Hacker News new | ask | show | jobs
by shadowgovt 2216 days ago
"Who at Google decided to censor American comments on American videos hosted in America by an American platform that is already banned in China?"

Probably no individual. There are enough Chinese pro-nationalists using YouTube to generate noticeable signal if they all, independently based on their political creed or as an organized brigade, decide to start flagging posts. Once the flagging begins, the relative rarity of the characters in question combined against the flagging signal would generate a Bayesian prior that the word in question would tend to get flagged, and would preemptively start killing those comments.

This is one of the ways to train an automatic moderation system that is capable of discovering novel words the community decides are swears, and brigading is a known pathology that those systems are susceptible to.

4 comments

While I think this is exactly what's happening, it demonstrates that we need more human in the loop interaction verifying the decisions of the machine learning algorithms. I don't think anyone that works in the space would disagree that this method would be highly susceptible to trolling. I mean look what happened to Tay[0]. You have to have some mechanism where humans are checking on how the system is learning.

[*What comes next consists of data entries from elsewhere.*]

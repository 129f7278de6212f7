ghost use Rattle.std.specs.Prelude.{◌≡◌, Some, ◌<◌, ◌≤◌, ◌+◌, [], ◌∷◌, ◌++◌, ℕ, Bool, true, false, IsSome, IfSome, IfNone, IfOk, OnOk, OnErr, List, length, vec_len, vec_capacity};
ghost use Rattle.lane_calls.specs.LaneValues.{Closes, IsHearing, new_value};
ghost use Rattle.lane_core.specs.Passes.{PassesBy};
ghost use Rattle.lane_upkeep.specs.Taking.{OpensThenPasses};
ghost use Rattle.lane_core.specs.Works.{IsWork, OfValues, OfNoJob, OfFirstJob, IsToClosePhase, HasJobToClose, IsEndedBy, value_of, SameValue, SameHanded};
ghost use Rattle.lane_states.specs.LaneStates.{StaysCarried, journal_of, handed_of, IsCarriedBy, GivesOn, HasRoom, IsSetUp};
ghost use Rattle.lane_states.specs.Told.{ShowsOn};
ghost use Rattle.lane_changes.specs.Changes.{changes_of};
ghost use Rattle.shelves.specs.Shelves.{Holds};
ghost use Rattle.carriers.specs.declared.fate.Fate.{Fate};
ghost use Rattle.cluster_states.specs.Publishing.{publish_fault};
ghost use Rattle.lane_journals.specs.Places.{told};
ghost use Rattle.ideal_nodes.specs.Placement.{IsOwner};
ghost use Rattle.lane_keeping.specs.LaneKeeping.{setting_of};
ghost use Rattle.lane_keeping.specs.Acting.{IsActing};
ghost use Rattle.lane_keeping.specs.Tidings.{heard_next, is_older, announced, stopped_next, started_next, last_state};
ghost use Rattle.lane_journals.specs.Readers.{held};
ghost use Rattle.lane_journals.specs.Meanings.{history};
ghost use Rattle.lane_upkeep.specs.Passing.{PassesOn};
ghost use Rattle.lane_upkeep.specs.Maintaining.{AreReturned, HasOpened, HaveRun};
ghost use Rattle.lane_core.specs.Upkeeping.{MaintainsBy, MayMaintain, OpensBy, RestsBy};
ghost use Rattle.lane_journals.specs.declared.event.LaneEvent.TheVariants as event;

use crate::jobs::{first_of, place_of};
use bucket_ids::Bucket;
use carriers::Carrier;
use cluster_states::ClusterState;
use distributor_part::Rules;
use lane_calls::answers::Hear;
use lane_carriage::laws::late_messages_wait;
use lane_journals::laws::kept_journals_mean_legal_ones;
use lane_lines::closing::note_end;
use lane_states::known_owner::KnownOwner;
use lane_states::lane_state::LaneState;
use lane_upkeep::{Owner, maintain};
use messages::{Outcome, SharedOperation};
use node_rows::SharedSchema;
use node_sets::NodeSet;
use op_machine::OpMachine;
use operation_keeping::laws::operations_end;
use shelves::Shelf;
use stamps::{Stamp, StampPlaces};
use std::alloc::Global;
use std::collections::BTreeMap;
use upkeep_spans::laws::{upkeep_goes_on, upkeep_leaves_lines, upkeep_leaves_states};
use value_lists::{NoMemory, TryCopy};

The big question is: was this a recent effort to flag these phrases or was it a gradual thing? If it is the former, I think it is easy to forgive Google as things move fast. If it is the latter I think it brings questions about fundamental methodologies.

I am being intentionally ambiguous about what is being classified because there are similar complaints about other subjects so I want to generalize.

[0] https://www.theverge.com/2016/3/24/11297050/tay-microsoft-ch...

> There are enough Chinese pro-nationalists using YouTube

And they aren’t any more nationalistic than Americans. Reporting this slogan is the equivalent of, say, an American reporting “Drumpf is Hitler” or “Hussein Obama”. These are all dumb slogans which are spammed just to get a political reaction. Different people get offended about different things, that’s just something you have to deal with in a big community.

If there are so many Chinese people using YouTube their signal would behave no differently than people from other nationalities, no?
It's not so much a function of how many Chinese people are using it as how many instances of the word being posted result in a comment being flagged.

Intersections such as "The word is rarely used, but when it is used it happens in a political setting where someone is more likely to decide to hit the flag button" would train an ML algorithm that the word is unwelcome in general.

Couldn't you just have bot accounts that search for YT comments and key phrases and flag those? Simply enough flags results in auto removal regardless of YT's decision's on the acceptability of these words/phrases. This wouldn't be very hard to setup either.
No, no it would not. ;)

One challenge is that Google's actually got some pretty solid signal to find and kill bots. But it's not impossible to botnet their services; just harder than doing it to the average online service that doesn't have an army of engineers who've trained on the adversarial space of people trying to automate ad clicks for real-money revenue.

This sounds like a reasonable conclusion to me. Anyone here work for YouTube that can confirm/deny this?